1. Description of the Related Art
EOS on an IC results from an external source discharging large transient voltages over a short period of time onto a terminal of the IC. EOS events include not only very fast transients such as ESD events which may result from human contact with the IC, but also slower transients such as power-up glitches. The purpose of an EOS protection circuit is to prevent damage to ICs during EOS events, especially those arising from ESD. It is desirable for EOS protection circuits to draw negligible leakage currents in their inactive state so that the IC can operate uninterrupted, and to quickly activate and divert current away from the IC when its voltage tolerance is exceeded as occurs during EOS events. A significant feature of an EOS protection circuit is its activation voltage, which should ideally be just above the highest breakdown voltage of the transistors on the IC. This ensures that the protection circuit is in the inactive state during normal IC operation, but activates at the lowest possible voltage beyond the transistor operating limits. Furthermore, EOS circuits should dissipate high peak voltages and currents without damage to either the IC or the EOS circuit. Therefore, in the active state it is desirable that the EOS circuit have a low impedance and a low holding voltage to dissipate very high EOS peak currents.

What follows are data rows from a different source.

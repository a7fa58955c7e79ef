//! `CampaignSockets`: the sockets of a campaign's connections.
use crate::errors::is_shortage;
use crate::hosts::Hosts;
use crate::line::{LineState, SocketLine};
use crate::timers::{Timer, Timers};
use campaign_loop::{Waited, WireFault, WireRead, Wires};
use cosem_axdr::Octets;
use mio::net::TcpStream;
use mio::{Events, Interest, Poll, Token};
use std::alloc::{AllocError, Global};
use std::collections::VecDeque;
use std::io;
use std::net::{Net, SocketAddr};
use std::sync::Wait;
use std::time::{Clock, Duration, Instant};

// The maximum number of connections that are being opened.
const WINDOW: usize = 512;

// The maximum number of events that are taken at once.
const MAX_EVENTS: usize = 1_024;

// The maximum number of IP addresses of a host name.
const MAX_ADDRESSES: u32 = 33;

// The time for which a connection that was closed is drained, in milliseconds.
const DRAINING: u64 = 5_000;

/// The limits of time of each connection, in milliseconds.
#[derive(Clone, Copy, Debug, PartialEq, Eq)]
pub struct ConnectionLimits {
    /// The limit of its opening, for each IP address of a host name.
    pub connect: u64,
    /// The limit of the whole connection, from then on.
    pub answer: u64,
}

/// The sockets of a campaign's connections, each named by the place of its job.
#[derive(Drop)]
pub struct CampaignSockets<R> {
    rt: R,
    alloc: Global,
    limits: ConnectionLimits,
    poll: Poll,
    events: Events,
    began: Instant,
    // The present moment, in milliseconds since then.
    now: u64,
    hosts: Hosts,
    // The connections by their places.
    lines: Vec<Option<Box<SocketLine>>>,
    // The number of connections that have not been removed, and of those that are being opened.
    count: usize,
    opening: usize,
    // Which places had an open connection.
    reached: Vec<bool>,
    // Whether a connection was removed since the places that wait were tried.
    has_freed: bool,
    // Whether a place could not be reported, out of memory.
    has_failed: bool,
    // The places that wait for a descriptor.
    waiting: VecDeque<u32>,
    // The places of the events that are being processed.
    places: Vec<u32>,
    // The places to be reported: those whose connections can go on, or have ended unasked.
    due: Vec<u32>,
    // When connections are late that are being opened, are open, are being closed.
    openings: Timers,
    answers: Timers,
    drainings: Timers,
}

// Returns the connection of a place.
fn line_at(lines: &mut Vec<Option<Box<SocketLine>>>, at: u32) -> Option<&mut SocketLine> {
    match lines.get_mut(at as usize) {
        Some(Some(line)) => Some(line),
        _ => None,
    }
}

// Returns the state of the connection of a place: `Ended` if there is none.
fn state_at(lines: &[Option<Box<SocketLine>>], at: u32) -> LineState {
    match lines.get(at as usize) {
        Some(Some(line)) => line.state,
        _ => LineState::Ended,
    }
}

// Returns the earlier one of two moments.
fn earlier(one: Option<u64>, other: Option<u64>) -> Option<u64> {
    match (one, other) {
        (Some(one), Some(other)) => Some(one.min(other)),
        (Some(one), None) => Some(one),
        (None, other) => other,
    }
}

impl<R: Net + Clock + Copy + Drop> CampaignSockets<R> {
    /// Prepares the connections of the places below `places`, of which at most `limit` are open at
    /// a time. Errors: those of the operating system for epoll and the clock, and `OutOfMemory`.
    pub fn new(
        rt: R,
        alloc: Global,
        limits: ConnectionLimits,
        places: usize,
        limit: usize,
    ) -> io::Result<CampaignSockets<R>> {
        let mut lines = Vec::new(alloc);
        lines.resize_with(places, || None)?;
        let mut reached = Vec::new(alloc);
        reached.resize(places, false)?;
        Ok(CampaignSockets {
            rt,
            alloc,
            limits,
            poll: Poll::new(&rt)?,
            events: Events::with_capacity(alloc, MAX_EVENTS)?,
            began: Instant::now(&rt)?,
            now: 0,
            hosts: Hosts::new(alloc),
            lines,
            count: 0,
            opening: 0,
            reached,
            has_freed: false,
            has_failed: false,
            waiting: VecDeque::new(alloc),
            places: Vec::with_capacity(alloc, MAX_EVENTS)?,
            due: Vec::with_capacity(alloc, limit.saturating_mul(2))?,
            openings: Timers::new(alloc),
            answers: Timers::new(alloc),
            drainings: Timers::new(alloc),
        })
    }

    /// Looks up the host name of an address, which may take as long as the system takes. Out of
    /// memory, the name counts as unknown. Errors: `AllocError`.
    pub fn look_up(&mut self, address: &Octets) -> Result<(), AllocError> {
        self.hosts.add(&self.rt, self.alloc, address.as_slice())
    }

    /// Waits until every connection that was closed is drained, at most five seconds.
    pub fn finish<W: Wait>(&mut self, wait: &W) -> Result<(), WireFault> {
        let mut late = Vec::new(self.alloc);
        'turns: for _ in wait.forever() {
            if self.count == 0 {
                break 'turns;
            }
            self.wait(true, &mut late)?;
            late.clear();
        }
        Ok(())
    }

    // Notes that the connection of a place is open.
    fn note_reached(&mut self, at: u32) {
        if let Some(reached) = self.reached.get_mut(at as usize) {
            *reached = true;
        }
    }

    // Notes that a place is to be reported.
    fn report(&mut self, at: u32) {
        if self.due.push(at).is_err() {
            self.has_failed = true;
        }
    }

    // Removes the connection of a place, and closes its stream.
    fn remove(&mut self, at: u32) {
        if let Some(place) = self.lines.get_mut(at as usize) {
            if let Some(line) = place.take() {
                if line.state == LineState::Opening {
                    self.opening = self.opening.saturating_sub(1);
                }
                self.count = self.count.saturating_sub(1);
                self.has_freed = true;
                drop(line);
            }
        }
    }

    // Begins to connect to an IP address, and returns the stream.
    fn stream(&self, at: u32, address: SocketAddr) -> io::Result<TcpStream> {
        let mut stream = TcpStream::connect(&self.rt, address)?;
        stream.set_nodelay(true)?;
        let both = Interest::READABLE | Interest::WRITABLE;
        self.poll
            .registry()
            .register(&mut stream, Token(at as usize), both)?;
        Ok(stream)
    }

    // Takes the next IP address of a place.
    fn next_address(&mut self, at: u32) -> Option<SocketAddr> {
        match line_at(&mut self.lines, at) {
            Some(line) => line.addresses.pop(),
            None => None,
        }
    }

    // Takes a stream of a place that is being opened.
    fn begin(&mut self, at: u32, stream: TcpStream) {
        let moment = self.now.saturating_add(self.limits.connect);
        if self.openings.set(Timer { at, moment }).is_err() {
            drop(stream);
            self.end(at);
            return;
        }
        match line_at(&mut self.lines, at) {
            Some(line) => {
                line.begin(stream);
                line.moment = moment;
                self.opening = self.opening.saturating_add(1);
            }
            None => drop(stream),
        }
    }

    // Ends the connection of a place unasked.
    fn end(&mut self, at: u32) {
        if let Some(line) = line_at(&mut self.lines, at) {
            line.end();
        }
        self.report(at);
    }

    // Lets a place wait for a descriptor, with the IP address to try then.
    fn keep_waiting(&mut self, at: u32, address: SocketAddr) {
        let is_kept = match line_at(&mut self.lines, at) {
            Some(line) => {
                line.state = LineState::Waiting;
                line.addresses.push(address).is_ok()
            }
            None => false,
        };
        if !is_kept || self.waiting.push_back(at).is_err() {
            self.end(at);
        }
    }

    // Begins to connect to the next IP address of a place. Returns false if it waits for a
    // descriptor. Without a further address the connection ends.
    fn connect(&mut self, at: u32) -> bool {
        for _ in 0..MAX_ADDRESSES {
            let Some(address) = self.next_address(at) else {
                break;
            };
            match self.stream(at, address) {
                Ok(stream) => {
                    self.begin(at, stream);
                    return true;
                }
                Err(error) if is_shortage(&error) && self.count > 1 => {
                    self.keep_waiting(at, address);
                    return false;
                }
                Err(_) => {}
            }
        }
        self.end(at);
        true
    }

    // Tries the places that wait for a descriptor, if one may be free.
    fn connect_waiting(&mut self) {
        if !self.has_freed {
            return;
        }
        self.has_freed = false;
        for _ in 0..self.waiting.len() {
            match self.waiting.pop_front() {
                Some(at) if state_at(self.lines.as_slice(), at) == LineState::Waiting => {
                    if !self.connect(at) {
                        return;
                    }
                }
                _ => {}
            }
        }
    }

    // Ends the try of an IP address, and begins the next one.
    fn try_next(&mut self, at: u32) {
        self.opening = self.opening.saturating_sub(1);
        if let Some(line) = line_at(&mut self.lines, at) {
            line.end();
        }
        self.connect(at);
    }

    // Processes what epoll reported of a connection that is being opened.
    fn on_opening(&mut self, at: u32) {
        let opened = match line_at(&mut self.lines, at) {
            Some(line) => line.is_opened(),
            None => Ok(false),
        };
        match opened {
            Ok(true) => self.on_opened(at),
            Ok(false) => {}
            Err(()) => self.try_next(at),
        }
    }

    // Writes the messages of a connection that was opened just now.
    fn on_opened(&mut self, at: u32) {
        self.opening = self.opening.saturating_sub(1);
        self.note_reached(at);
        let moment = self.now.saturating_add(self.limits.answer);
        let is_set = self.answers.set(Timer { at, moment }).is_ok();
        match line_at(&mut self.lines, at) {
            Some(line) if is_set => {
                line.state = LineState::Open;
                line.moment = moment;
                self.on_open(at);
            }
            _ => self.end(at),
        }
    }

    // Goes on with a connection that is being closed.
    fn on_closing(&mut self, at: u32) {
        let is_over = match line_at(&mut self.lines, at) {
            Some(line) => {
                line.close();
                line.state == LineState::Ended
            }
            None => false,
        };
        if is_over {
            self.remove(at);
        }
    }

    // Processes what epoll reported of an open connection.
    fn on_open(&mut self, at: u32) {
        if let Some(line) = line_at(&mut self.lines, at) {
            line.write();
        }
        self.report(at);
    }

    // Processes what epoll reported of a connection.
    fn on_event(&mut self, at: u32) {
        match state_at(self.lines.as_slice(), at) {
            LineState::Opening => self.on_opening(at),
            LineState::Open => self.on_open(at),
            LineState::Closing | LineState::Draining => self.on_closing(at),
            LineState::Waiting | LineState::Ended => {}
        }
    }

    // Takes the places of the events, of which there is room for all.
    fn take_events(&mut self) -> Result<(), AllocError> {
        self.places.clear();
        'events: for event in self.events.iter() {
            if let Ok(at) = u32::try_from(event.token().0) {
                self.places.push(at)?;
            }
        }
        Ok(())
    }

    // Returns the place of an event.
    fn place(&self, index: usize) -> Option<u32> {
        self.places.get(index).copied()
    }

    // Processes the events.
    fn process_events(&mut self) -> Result<(), AllocError> {
        self.take_events()?;
        'places: for index in 0..self.places.len() {
            if let Some(at) = self.place(index) {
                self.on_event(at);
            }
        }
        Ok(())
    }

    // Appends the places to be reported. If out of memory, they are reported by the next call.
    fn report_due(&mut self, ready: &mut Vec<u32>) {
        if ready.extend_from_slice(self.due.as_slice()).is_ok() {
            self.due.clear();
        }
    }

    // Takes a timer that is due, if there is one.
    fn take_due(&mut self) -> Option<Timer> {
        if let Some(timer) = self.openings.take_due(self.now) {
            return Some(timer);
        }
        if let Some(timer) = self.answers.take_due(self.now) {
            return Some(timer);
        }
        self.drainings.take_due(self.now)
    }

    // Ends what a connection does, if this timer is its last one.
    fn on_due(&mut self, timer: Timer) {
        match line_at(&mut self.lines, timer.at) {
            Some(line) if line.moment == timer.moment => {}
            _ => return,
        }
        match state_at(self.lines.as_slice(), timer.at) {
            LineState::Opening => self.try_next(timer.at),
            LineState::Open => self.end(timer.at),
            LineState::Closing | LineState::Draining => self.remove(timer.at),
            LineState::Waiting | LineState::Ended => {}
        }
    }

    // Ends what is late.
    fn end_late(&mut self) {
        let most = self.openings.len().saturating_add(self.answers.len());
        'timers: for _ in 0..most.saturating_add(self.drainings.len()) {
            match self.take_due() {
                Some(timer) => self.on_due(timer),
                None => return,
            }
        }
    }

    // Reads the clock.
    fn read_clock(&mut self) -> Result<(), WireFault> {
        match self.began.elapsed(&self.rt) {
            Ok(time) => {
                self.now = u64::try_from(time.as_millis()).unwrap_or(u64::MAX);
                Ok(())
            }
            Err(_) => Err(WireFault),
        }
    }

    // Returns how long to wait for an event.
    fn timeout(&self, may_wait: bool) -> Option<Duration> {
        if !may_wait || !self.due.is_empty() {
            return Some(Duration::ZERO);
        }
        let first = earlier(self.openings.first(), self.answers.first());
        match earlier(first, self.drainings.first()) {
            Some(moment) => {
                let left = moment.saturating_sub(self.now).saturating_add(1);
                Some(Duration::from_millis(left))
            }
            None => None,
        }
    }

    // Adds the connection of a place, which then waits for a descriptor.
    fn add(&mut self, at: u32, address: &Octets) -> Result<(), AllocError> {
        let addresses = self.hosts.addresses(self.alloc, address.as_slice())?;
        let line = Box::new(self.alloc, SocketLine::new(self.alloc, addresses))?;
        match self.lines.get_mut(at as usize) {
            Some(place) => {
                *place = Some(line);
                self.count = self.count.saturating_add(1);
                Ok(())
            }
            None => {
                drop(line);
                Ok(())
            }
        }
    }
}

An existing EOS protection circuit is disclosed in U.S. Pat. No. 5,212,618, O'Neill et al., May 18, 1993. In one embodiment, the circuit includes a first npn transistor which has its emitter connected to an input terminal and, through a base resistance, to its base. A second npn transistor has its emitter connected to the substrate and to its base through another resistor. The collectors of the two transistors are formed by a single n-doped tub. When a positive voltage is applied to the input terminal, the second transistor's p-type base forward biases to the tub, but the tub will not conduct until its voltage exceeds the second transistor's collector-emitter breakdown voltage with the base shorted to the emitter (BVces). When the tub conducts, the second transistor turns on, clamping the tub voltage to its collector-emitter breakdown voltage with the base open-circuited (BVceo) or less. When a negative voltage is applied to the input terminal, two diodes form. The first diode is from the second transistor's base to the tub and turns on when the tub is below the substrate by the forward-biased base-emitter junction voltage (1 Vbe). The second diode is the inherent substrate-to-tub diode which will forward bias when the tub is below the substrate by 1 Vbe. The two diodes conduct when the first transistor's emitter is pulled negative with respect to the tub by the first transistor's BVces. When the diodes turn on, the first transistor turns on and clamps the tub voltage to its emitter at the collector-emitter breakdown voltage with the base open circuited (BVceo) or less.
The circuit thus operates as an open circuit until a voltage equal to plus or minus BVces (typically 60 to 80 volts) is applied to the input pin. Once on, the circuit has a holding voltage of plus or minus BVceo (typically 40-50 volts) plus 1 Vbe. A drawback of this circuit is that the holding voltage is high. During high ESD currents, power dissipation will be high and potentially damaging to the IC being protected. Another disadvantage is that the circuit is connected between a circuit terminal and the substrate, offering no protection when an ESD occurs between two circuit terminals.